第80話 村長さんのお願いなの。
沼の水に魔力を帯びさせることに成功したレイニィ達は、村に戻って田んぼの様子を確認することにした。
レイニィ達が戻ったのを知り、村長たち村人も集まって来た。
「沼の水に魔力を込めることには成功したの」
「本当ですか。それはありがとうございました」
「ついでに沼の主も退治しておいたぞ」
「偉そうに、退治したのは、お前ではないではないか」
「ぐっ!」
「かば焼きにしましたからね。後で、皆さんで食べてください!」
スノウィが大量のウナギのかば焼きを村人たちに振舞う。
「おー。重ね重ね、ありがとうございます」
「これは、うまそうだ!」
ウナギのかば焼きに村人たちが盛り上がるが、肝心なのは田んぼの方だ。
レイニィは、冷静に田んぼの確認を村長にお願いした。
「それで、田んぼの方はどうなの」
「沼からの水を新たに入れたところは、黒い砂が無くなって、逆に光り輝いているようですが――」
村長が田んぼの様子を確認し報告する。
「これは、少し魔力過多かも知れんな」
エルダが田んぼを心配そうに覗き込む。
「魔力過多だと不味いの?」
「うーん。不味くはないのだが、レイニィにとっては不味いかもしれんな」
「どういうことなの?」
「魔力が極端に多すぎれば当然弊害が出るのだが、このぐらいの魔力過多だと、収量が二倍とまではいかないが、五割は増えるんじゃないか」
「それは、いい事なの」
「それ自体はいい事だ。じゃあ、何でみんなそうしないと思う?」
「え? うーん。味が落ちるとか、なの?」
「いや、味はむしろおいしくなる」
「いいこと尽くめじゃないの!」
「魔力を込めれば、収量も増えて、味も美味しくなるのは、わかっていたのですが、実際には費用が掛かり過ぎて、誰もやらなかったんですよ」
村長がエルダに代わって答えを教えてくれた。
「そういうことだ。レイニィが前に魔力を込め過ぎて作った光の砂があるだろう。あれを撒けば収量が上がるのだが、収量が増えた分より、光の砂の方が高いんだ」
「なるほど、それは使えないの」
「ところが、ここに、費用を掛けず収量を上げることができる者がいる。そうなればどうなると思う?」
「どうなるの?」
「お願いします。
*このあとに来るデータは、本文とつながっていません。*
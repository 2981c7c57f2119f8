// Worked cases, proved of the definitions.
#![tactic(auto)]

ghost use Rattle.cases.specs.Worked.{Worked};

// Does nothing: what is of use is its promise, the table of the cases.
pub fn worked()
    ensures { Worked }
{}
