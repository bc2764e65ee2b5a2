//! The signals that aren't constant, table by table from those that vary.

ghost use Rattle.std.specs.Prelude.{OnOk};
ghost use Rattle.net_model.specs.Nets.{net_of};
ghost use Rattle.net_model.specs.SoundNets.{HasKnownSignals};
ghost use Rattle.net_conditions.specs.Rounds.{AreVarying};

use crate::signals::Signals;
use crate::varying::add_outputs_of;
use name_table::VarId;
use net_model::{Net, Table};
use std::alloc::{AllocError, Global};

/// Adds what varies by these signals: the outputs of each table that reads one of them, then what varies by those, and
/// so on. Each signal is taken once and each table added once. That nothing is left out isn't promised here.
pub(crate) fn spread(
    alloc: Global,
    net: &Net,
    sources: Vec<VarId>,
    varying: &mut Signals,
) -> Result<(), AllocError>
    requires known { HasKnownSignals (net_of net.now) }
    requires varying { AreVarying (net_of net.now) varying.old }
    ensures { OnOk result (AreVarying (net_of net.now) varying.new) }
{
    let readers = readers_of(alloc, net)?;
    let mut is_added = vec![in alloc; false; net.tables.len()]?;
    let mut queue = sources;
    for at in 0..usize::MAX {
        let Some(signal) = queue.get(at).copied() else {
            break;
        };
        add_by(
            net,
            tables_at(&readers, signal),
            &mut is_added,
            &mut queue,
            varying,
        )?;
    }
    Ok(())
}

// Adds the outputs of these tables, where they weren't added yet, and queues those that are new.
fn add_by(
    net: &Net,
    tables: &[usize],
    is_added: &mut Vec<bool>,
    queue: &mut Vec<VarId>,
    varying: &mut Signals,
) -> Result<(), AllocError>
    requires known { HasKnownSignals (net_of net.now) }
    requires varying { AreVarying (net_of net.now) varying.old }
    ensures { OnOk result (AreVarying (net_of net.now) varying.new) }
{
    for place in tables {
        if take(is_added, *place) {
            add_at(net, *place, queue, varying)?;
        }
    }
    Ok(())
}

// Whether a place is taken for the first time.
fn take(is_added: &mut Vec<bool>, place: usize) -> bool {
    if place >= is_added.len() || is_added[place] {
        return false;
    }
    is_added[place] = true;
    true
}

// Adds the outputs of the table at a place, where one of its inputs varies, and queues those that are new.
fn add_at(
    net: &Net,
    place: usize,
    queue: &mut Vec<VarId>,
    varying: &mut Signals,
) -> Result<(), AllocError>
    requires known { HasKnownSignals (net_of net.now) }
    requires varying { AreVarying (net_of net.now) varying.old }
    ensures { OnOk result (AreVarying (net_of net.now) varying.new) }
{
    let Some(table) = net.tables.get(place) else {
        return Ok(());
    };
    queue_new(&table.outs, varying, queue)?;
    add_outputs_of(table, varying);
    Ok(())
}

fn queue_new(
    signals: &[VarId],
    varying: &Signals,
    queue: &mut Vec<VarId>,
) -> Result<(), AllocError> {
    for signal in signals {
        if !varying.has(*signal) {
            queue.push(*signal)?;
        }
    }
    Ok(())
}

// The places of the tables that read each signal.
fn readers_of(alloc: Global, net: &Net) -> Result<Vec<Vec<usize>>, AllocError> {
    let mut readers = Vec::new(alloc);
    for _ in 0..net.names.len() {
        readers.push(Vec::new(alloc))?;
    }
    for (place, table) in net.tables.iter().enumerate() {
        put_reader(&mut readers, place, &table.ins)?;
    }
    Ok(readers)
}

fn put_reader(
    readers: &mut Vec<Vec<usize>>,
    place: usize,
    inputs: &[VarId],
) -> Result<(), AllocError> {
    for input in inputs {
        if let Some(places) = readers.get_mut(input.0 as usize) {
            places.push(place)?;
        }
    }
    Ok(())
}

fn tables_at(readers: &[Vec<usize>], signal: VarId) -> &[usize] {
    match readers.get(signal.0 as usize) {
        Some(places) => places.as_slice(),
        None => &[],
    }
}
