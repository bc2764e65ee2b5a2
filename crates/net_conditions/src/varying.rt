//! The signals that aren't constant.

ghost use Rattle.std.specs.Prelude.{◌≡◌, ◌<◌, length, All, IfOk};
ghost use Rattle.std.specs.Bool.{OnFalse};
ghost use Rattle.net_model.specs.Conditions.{Varies};
ghost use Rattle.net_model.specs.Nets.{table_of, net_of};
ghost use Rattle.net_model.specs.SoundNets.{HasKnownSignals};
ghost use Rattle.net_conditions.specs.Marks.{IsSetOf, Adds, GrowsIf};
ghost use Rattle.net_conditions.specs.Rounds.{outputs_by, AreVarying, IsClosed};

use crate::signal_lists;
use crate::signals::Signals;
use crate::spreading::spread;
use net_model::{Net, Table};
use std::alloc::{AllocError, Global};

/// The signals that aren't constant. They spread from the inputs and the latch outputs, each through the tables that read
/// it, which takes a time that grows as the columns of all tables. Rounds over the tables then add the outputs that are
/// missing until a round adds none, and the first finds none missing.
pub fn varying_signals(alloc: Global, net: &Net) -> Result<Signals, AllocError>
    requires { HasKnownSignals (net_of net.now) }
    ensures { IfOk result (λ set. IsSetOf set (Varies (net_of net.now))) }
{
    let sources = signal_lists::sources(alloc, net)?;
    let mut varying = Signals::of(alloc, net.names.len(), &sources)?;
    spread(alloc, net, sources, &mut varying)?;
    while add_outputs(net, &mut varying) {}
    Ok(varying)
}

/// Adds the outputs of each table of which the set has an input, and says whether one of them is new.
fn add_outputs(net: &Net, varying: &mut Signals) -> bool
    requires known { HasKnownSignals (net_of net.now) }
    requires varying { AreVarying (net_of net.now) varying.old }
    ensures varying { AreVarying (net_of net.now) varying.new }
    ensures grown { GrowsIf result varying.old varying.new }
    ensures closed { OnFalse result (IsClosed (net_of net.now).tables varying.new) }
{
    let mut grown = false;
    for table in &net.tables {
        if add_outputs_of(table, varying) {
            grown = true;
        }
    }
    grown
}

/// Adds the outputs of a table, where the set has one of its inputs, and says whether one of them is new.
pub(crate) fn add_outputs_of(table: &Table, varying: &mut Signals) -> bool
    requires { All (λ v. v < length varying.old) (table_of table.now).outs }
    ensures added { Adds varying.old (outputs_by varying.old (table_of table.now)) varying.new }
    ensures grown { GrowsIf result varying.old varying.new }
{
    varying.has_any(&table.ins) && varying.insert_all(&table.outs)
}
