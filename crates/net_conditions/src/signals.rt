//! Sets of signals of a network.

ghost use Rattle.std.specs.Prelude.{◌≡◌, ◌≤◌, ◌<◌, ◌↔◌, ℕ, not, false, true, length, map, nat_eq, count_by, replicate, slice_set, All, Contains, IsTrue, IfOk};
ghost use Rattle.std.specs.List.{list_all, list_any};
ghost use Rattle.net_model.specs.Conditions.{times_driven, latch_outputs};
ghost use Rattle.net_model.specs.Nets.{net_of};
ghost use Rattle.net_model.specs.SoundNets.{HasKnownSignals};
ghost use Rattle.net_conditions.specs.Marks.{is_marked, IsSetOf, Adds, GrowsIf};

use crate::signal_lists;
use name_table::VarId;
use net_model::Net;
use std::alloc::{AllocError, Global};
use std::marker::Model;

/// A set of signals, as a mark for each signal of the network.
#[derive(Drop)]
pub struct Signals {
    marks: Vec<bool>,
}

impl Model for Signals {
    ghost use Rattle.std.specs.Prelude.{Bool, List};

    ghost Value = { List Bool };

    ghost view = { λ s. s.marks.items };
}

impl Signals {
    /// None of so many signals.
    pub fn none(alloc: Global, count: u32) -> Result<Signals, AllocError>
        ensures { IfOk result (λ set. set ≡ replicate count false) }
    {
        let marks = vec![in alloc; false; count as usize]?;
        Ok(Signals { marks })
    }

    /// These signals, of so many.
    pub fn of(alloc: Global, count: u32, signals: &[VarId]) -> Result<Signals, AllocError>
        requires { All (λ v. v < count) (map (λ v. v.0) signals.now) }
        ensures { IfOk result (Adds (replicate count false) (map (λ v. v.0) signals.now)) }
    {
        let mut set = Signals::none(alloc, count)?;
        set.insert_all(signals);
        Ok(set)
    }

    /// Whether the set has a signal.
    pub fn has(&self, signal: VarId) -> bool
        ensures { result ≡ is_marked self.now signal.0 }
    {
        let place = signal.0 as usize;
        place < self.marks.len() && self.marks[place]
    }

    /// Whether the set has each of these signals.
    pub fn has_all(&self, signals: &[VarId]) -> bool
        ensures { result ≡ list_all (λ v. is_marked self.now v.0) signals.now }
    {
        signals.iter().all(|signal| self.has(*signal))
    }

    /// Whether the set has one of these signals.
    pub fn has_any(&self, signals: &[VarId]) -> bool
        ensures { result ≡ list_any (λ v. is_marked self.now v.0) signals.now }
    {
        signals.iter().any(|signal| self.has(*signal))
    }

    /// Adds a signal, and says whether it is new.
    pub fn insert(&mut self, signal: VarId) -> bool
        requires { signal.0 < length self.old }
        ensures added { self.new ≡ slice_set self.old signal.0 true }
        ensures is_new { result ≡ not (is_marked self.old signal.0) }
    {
        let place = signal.0 as usize;
        let is_new = !self.marks[place];
        self.marks[place] = true;
        is_new
    }

    /// Adds signals, and says whether one of them is new.
    pub fn insert_all(&mut self, signals: &[VarId]) -> bool
        requires { All (λ v. v < length self.old) (map (λ v. v.0) signals.now) }
        ensures added { Adds self.old (map (λ v. v.0) signals.now) self.new }
        ensures grown { GrowsIf result self.old self.new }
    {
        let mut grown = false;
        for signal in signals {
            if self.insert(*signal) {
                grown = true;
            }
        }
        grown
    }
}

/// Whether no signal, of so many, stands in the list twice.
pub fn are_distinct(alloc: Global, count: u32, signals: &[VarId]) -> Result<bool, AllocError>
    requires { All (λ v. v < count) (map (λ v. v.0) signals.now) }
    ensures { IfOk result (λ distinct. IsTrue distinct ↔ ((signal : ℕ) → count_by (nat_eq signal) (map (λ v. v.0) signals.now) ≤ 1)) }
{
    let mut met = Signals::none(alloc, count)?;
    for signal in signals {
        if !met.insert(*signal) {
            return Ok(false);
        }
    }
    Ok(true)
}

/// The signals that are driven.
pub fn driven_signals(alloc: Global, net: &Net) -> Result<Signals, AllocError>
    requires { HasKnownSignals (net_of net.now) }
    ensures { IfOk result (λ set. IsSetOf set (λ signal. 0 < times_driven (net_of net.now) signal)) }
{
    let drives = signal_lists::drives(alloc, net)?;
    Signals::of(alloc, net.names.len(), &drives)
}

/// The outputs of the latches.
pub fn latch_output_signals(alloc: Global, net: &Net) -> Result<Signals, AllocError>
    requires { HasKnownSignals (net_of net.now) }
    ensures { IfOk result (λ set. IsSetOf set (Contains (latch_outputs (net_of net.now)))) }
{
    let outputs = signal_lists::latch_outputs(alloc, net)?;
    Signals::of(alloc, net.names.len(), &outputs)
}
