//! The reset tables.

ghost use Rattle.std.specs.Prelude.{◌≡◌, ◌↔◌, All, Contains, IsTrue, IfOk};
ghost use Rattle.net_model.specs.Conditions.{latch_outputs, Varies, IsReset};
ghost use Rattle.net_model.specs.Nets.{table_of, net_of};
ghost use Rattle.net_model.specs.Nets as nets;
ghost use Rattle.net_model.specs.SoundNets.{HasKnownSignals};
ghost use Rattle.net_conditions.specs.Accepted.{is_reset_by};
ghost use Rattle.net_conditions.specs.Marks.{IsSetOf};

use crate::signals::{Signals, latch_output_signals};
use crate::varying::varying_signals;
use net_model::{Net, Table};
use std::alloc::{AllocError, Global};

/// Whether a reset table has no input of the first set, the signals that aren't constant, and its outputs are all in the
/// second, the latch outputs.
pub fn is_reset(table: &Table, varying: &Signals, states: &Signals) -> bool
    ensures marks { result ≡ is_reset_by varying.now states.now table.now }
    ensures reset { (net : nets.Net) → IsSetOf varying.now (Varies net) → IsSetOf states.now (Contains (latch_outputs net))
        → IsTrue result ↔ IsReset net (table_of table.now) }
{
    !varying.has_any(&table.ins) && states.has_all(&table.outs)
}

/// Whether each reset table sets latch outputs by constant signals.
pub fn are_resets(alloc: Global, net: &Net) -> Result<bool, AllocError>
    requires { HasKnownSignals (net_of net.now) }
    ensures { IfOk result (λ good. IsTrue good ↔ All (IsReset (net_of net.now)) (net_of net.now).resets) }
{
    let varying = varying_signals(alloc, net)?;
    let states = latch_output_signals(alloc, net)?;
    for table in &net.resets {
        if !is_reset(table, &varying, &states) {
            return Ok(false);
        }
    }
    Ok(true)
}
どうか毎年、魔力の供給をお願いします!」
村長がレイニィに頭を下げてお願いした。
「と、こうなる」
「えー! 面倒くさいのー」
「そこをなんとか。ただとは申しません。増収分の半分。いえ、六割をお支払いしますから、お願いいたします」
「そう言われてもなの――」
「レイニィ様。この村全体となると、かなりの額になりますよ」
スノウィがレイニィに耳打ちする。
「でもなー。お金には困ってないの」
「でしたら、他に、私たちで出来ることがあれば言ってください」
「皆さんに出来ることなの? うーん。そうだ。この村で気象観測をして、その結果を報告して欲しいの」
(この国では、天気は南から変わることが多い。この村は港町ライズから見れば南にある。この村の気象データが取れれば、天気予報に大きく役立つわ)
「気象観測? ですか?」
「具体的には、一日三回、朝昼晩と決まった時間に、天気と気温とかを調べて記録して、それを私に知らせてほしいの。
気温とかを調べる装置は、私の方が用意するの。
使い方もお教えるの。
その辺は心配しなくても大丈夫なの」
「調べるのは構いませんが、それをどうやってお知らせしましょう?」
「え? あ、そうなの。出来ればすぐに知りたいの。だけど、無理なの……」
(この世界、電話も無線もない。伝書バトぐらいいるかしら。見たことないけど。ハトの調教から始める? それなら電話機作った方が早いかしら――)
「電信でも始めたらどうだ。技術的な部分を考えてくれれば、実際にやるのは俺がやってもいいぞ」
元勇者がレイニィに提案する。
元勇者は技術をどんどんと発展させて、この世界の界位を上げたいと考えているため、新しい技術に関しては協力的だ。
(電信。モールス信号とかのあれか。電話より簡単かな? 電線さえ張れれば、後は何とかなりそうよね。でも、ここと、家まで電線を引くとなると何年かかることやら。
そうなると、無線、つまり電波ね。こちらの世界は電気が無いから、魔波かしら。探索魔法もあるからどうにかなりそうよね。
ん? ちょっと待って……。探索魔法を使えば、一方通行だけど、どうにかなるんじゃないかしら)
「いいこと思い付いたの!」
レイニィはニヤリと笑うのだった。